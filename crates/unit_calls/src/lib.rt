// Calls that a program makes on its units, by their numbers.
#![tactic(auto)]

mod number;
mod printed;

pub use number::unit_number;
pub use printed::{Printed, print};
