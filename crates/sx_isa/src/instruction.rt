//! Instructions, apart from their words.

/// What an instruction reads or writes. The first number of a variant with two, and the one of
/// `Reg`, `Indirect` and `Increment`, is a register, 0 to 15.
#[derive(Clone, Copy, Debug, PartialEq, Eq)]
pub enum Operand {
    /// The register itself. As a source it is never R3, which reads as the constant 0.
    Reg(u8),
    /// The memory at the register plus an offset, `X(Rn)`. Never of R0, R2 or R3, which have other
    /// meanings there.
    Indexed(u8, u16),
    /// The memory at the register, `@Rn`.
    Indirect(u8),
    /// The same, and the register rises by the width afterwards, `@Rn+`.
    Increment(u8),
    /// The memory at the address of this extension word plus the word itself, `ADDR`.
    Symbolic(u16),
    /// The memory at this address, `&ADDR`.
    Absolute(u16),
    /// This number, which is in an extension word.
    Immediate(u16),
    /// One of 0, 1, 2, 4, 8 and 0xFFFF, from a constant generator, with no extension word.
    Const(u16),
}

/// An operation on a source and a destination.
#[derive(Clone, Copy, Debug, PartialEq, Eq)]
pub enum Op2 {
    /// Move the source to the destination.
    Mov,
    /// Add the source.
    Add,
    /// Add the source and the carry.
    Addc,
    /// Subtract the source, with the carry as "no borrow".
    Subc,
    /// Subtract the source.
    Sub,
    /// Subtract for the flags alone.
    Cmp,
    /// And, for the flags alone.
    Bit,
    /// Clear the source's bits.
    Bic,
    /// Set the source's bits.
    Bis,
    /// Exclusive or.
    Xor,
    /// And.
    And,
}

/// An operation on one operand.
#[derive(Clone, Copy, Debug, PartialEq, Eq)]
pub enum Op1 {
    /// Rotate right through the carry.
    Rrc,
    /// Exchange the bytes of a word.
    Swpb,
    /// Shift right, with the top bit kept.
    Rra,
    /// Extend the sign of the low byte.
    Sxt,
    /// Push onto the stack.
    Push,
    /// Call a subroutine.
    Call,
}

/// An instruction. Not each value of the type is one that can be written in words: `valid` tells.
#[derive(Clone, Copy, Debug, PartialEq, Eq)]
pub enum Instr {
    /// An operation on a source and a destination, on bytes or on words.
    Two {
        op: Op2,
        byte: bool,
        src: Operand,
        dst: Operand,
    },
    /// An operation on one operand.
    One {
        op: Op1,
        byte: bool,
        arg: Operand,
    },
    /// Return from an interrupt.
    Reti,
    /// A jump by `offset` words, -512 to 511, from the word after it, under one of eight
    /// conditions: not equal, equal, no carry, carry, negative, greater or equal, less, always.
    Jump {
        cond: u8,
        offset: i16,
    },
    /// The module instruction with the word 0x1380 plus this number.
    Sancus(u8),
}

/// One to three instruction words: the first `len` of `w`. Those past them are 0.
#[derive(Clone, Copy, Debug, PartialEq, Eq)]
pub struct Words {
    /// The words, and zeros after them.
    pub w: [u16; 3],
    /// How many words the instruction has, 1 to 3.
    pub len: u8,
}
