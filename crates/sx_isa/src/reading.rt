//! From instruction words to instructions.

ghost use Rattle.std.specs.Prelude.{◌≡◌, ℕ, ◌<◌, ◌∷◌, [], ◌↔◌, IfSome, IsNone, length};
ghost use Rattle.sx_isa.specs.Instructions.{BeginsWith, IsInstruction, IsIllegal, first_word};
ghost use Rattle.sx_isa.specs.Spelling.{spelling};
ghost use Rattle.sx_isa.specs.declared.instruction.Instr.{Instr};
ghost use Rattle.sx_isa.specs.Reading.{two_at, one_at, instruction_at, length_of};

use crate::fields::{
    destination, is_allowed, offset, one_fields, op1, op2, source, takes_word, two_fields,
};
use crate::instruction::Instr;

#[tactic(auto, unfolding(crate::specs::Reading::two_at))]
fn two(w0: u16, w1: u16, w2: u16) -> Option<(Instr, u8)>
    ensures { result ≡ two_at w0 w1 w2 }
{
    let f = two_fields(w0);
    let op = op2(f.op)?;
    let byte = f.byte;
    let src = source(f.source, f.mode, w1);
    let first = takes_word(f.source, f.mode);
    let dst = destination(f.destination, f.ad, if first { w2 } else { w1 })?;
    let second = takes_word(f.destination, f.ad);
    Some((
        Instr::Two { op, byte, src, dst },
        1 + u8::from(first) + u8::from(second),
    ))
}

#[tactic(auto, unfolding(crate::specs::Reading::one_at))]
fn one(w0: u16, w1: u16) -> Option<(Instr, u8)>
    ensures { result ≡ one_at w0 w1 }
{
    let f = one_fields(w0);
    let op = op1(f.op)?;
    let byte = f.byte;
    let arg = source(f.register, f.mode, w1);
    if !is_allowed(op, byte, arg) {
        return None;
    }
    Some((
        Instr::One { op, byte, arg },
        1 + u8::from(takes_word(f.register, f.mode)),
    ))
}

#[tactic(auto, unfolding(crate::specs::Reading::instruction_at))]
fn front(w0: u16, w1: u16, w2: u16) -> Option<(Instr, u8)>
    ensures { result ≡ instruction_at w0 w1 w2 }
{
    match w0 {
        0..=0xfff => None,
        0x1000..=0x12ff => one(w0, w1),
        0x1300 => Some((Instr::Reti, 1)),
        0x1380..=0x1382 | 0x1384..=0x1387 => Some((Instr::Sancus((w0 - 0x1380) as u8), 1)),
        0x1301..=0x1fff => None,
        0x2000..=0x3fff => Some((
            Instr::Jump {
                cond: (w0 >> 10 & 7) as u8,
                offset: offset(w0 & 0x3ff),
            },
            1,
        )),
        _ => two(w0, w1, w2),
    }
}

#[tactic(auto, unfolding(crate::specs::Reading::length_of))]
fn length_at(w0: u16) -> Option<u8>
    ensures { result ≡ length_of w0 }
{
    Some(front(w0, 0, 0)?.1)
}

/// The instruction at the start of three words, and how many of them are its own, 1 to 3. None
/// exactly where no instruction has the first word. The words past the instruction don't matter.
/// The words are those of TI's MSP430x2xx Family User's Guide, "CPU"; those of the module
/// instructions are our own.
pub fn decode(w0: u16, w1: u16, w2: u16) -> Option<(Instr, u8)>
    ensures computed { result ≡ instruction_at w0 w1 w2 }
    ensures found { IfSome result (λ f. BeginsWith (w0 ∷ w1 ∷ w2 ∷ []) f.0 f.1) }
    ensures only { (i : Instr) (n : ℕ) → BeginsWith (w0 ∷ w1 ∷ w2 ∷ []) i n →
        result ≡ Some (record { 0 = i; 1 = n }) }
    ensures none { IsNone result ↔ IsIllegal w0 }
{
    front(w0, w1, w2)
}

/// How many words an instruction has whose first is `w0`, 1 to 3. None exactly where no instruction
/// has it.
pub fn length(w0: u16) -> Option<u8>
    ensures computed { result ≡ length_of w0 }
    ensures only { (i : Instr) → IsInstruction i → first_word i ≡ w0
        → result ≡ Some (length (spelling i)) }
    ensures none { IsNone result ↔ IsIllegal w0 }
{
    length_at(w0)
}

--

Taking the entries above, write out exactly each line from the one holding "front(w0, w1, w2)" to the one holding "Some (length (spelling", both included, and stop there.

    front(w0, w1, w2)
}

/// How many words an instruction has whose first is `w0`, 1 to 3. None exactly where no instruction
/// has it.
pub fn length(w0: u16) -> Option<u8>
    ensures computed { result ≡ length_of w0 }
    ensures only { (i : Instr) → IsInstruction i → first_word i ≡ w0
        → result ≡ Some (length (spelling i)) }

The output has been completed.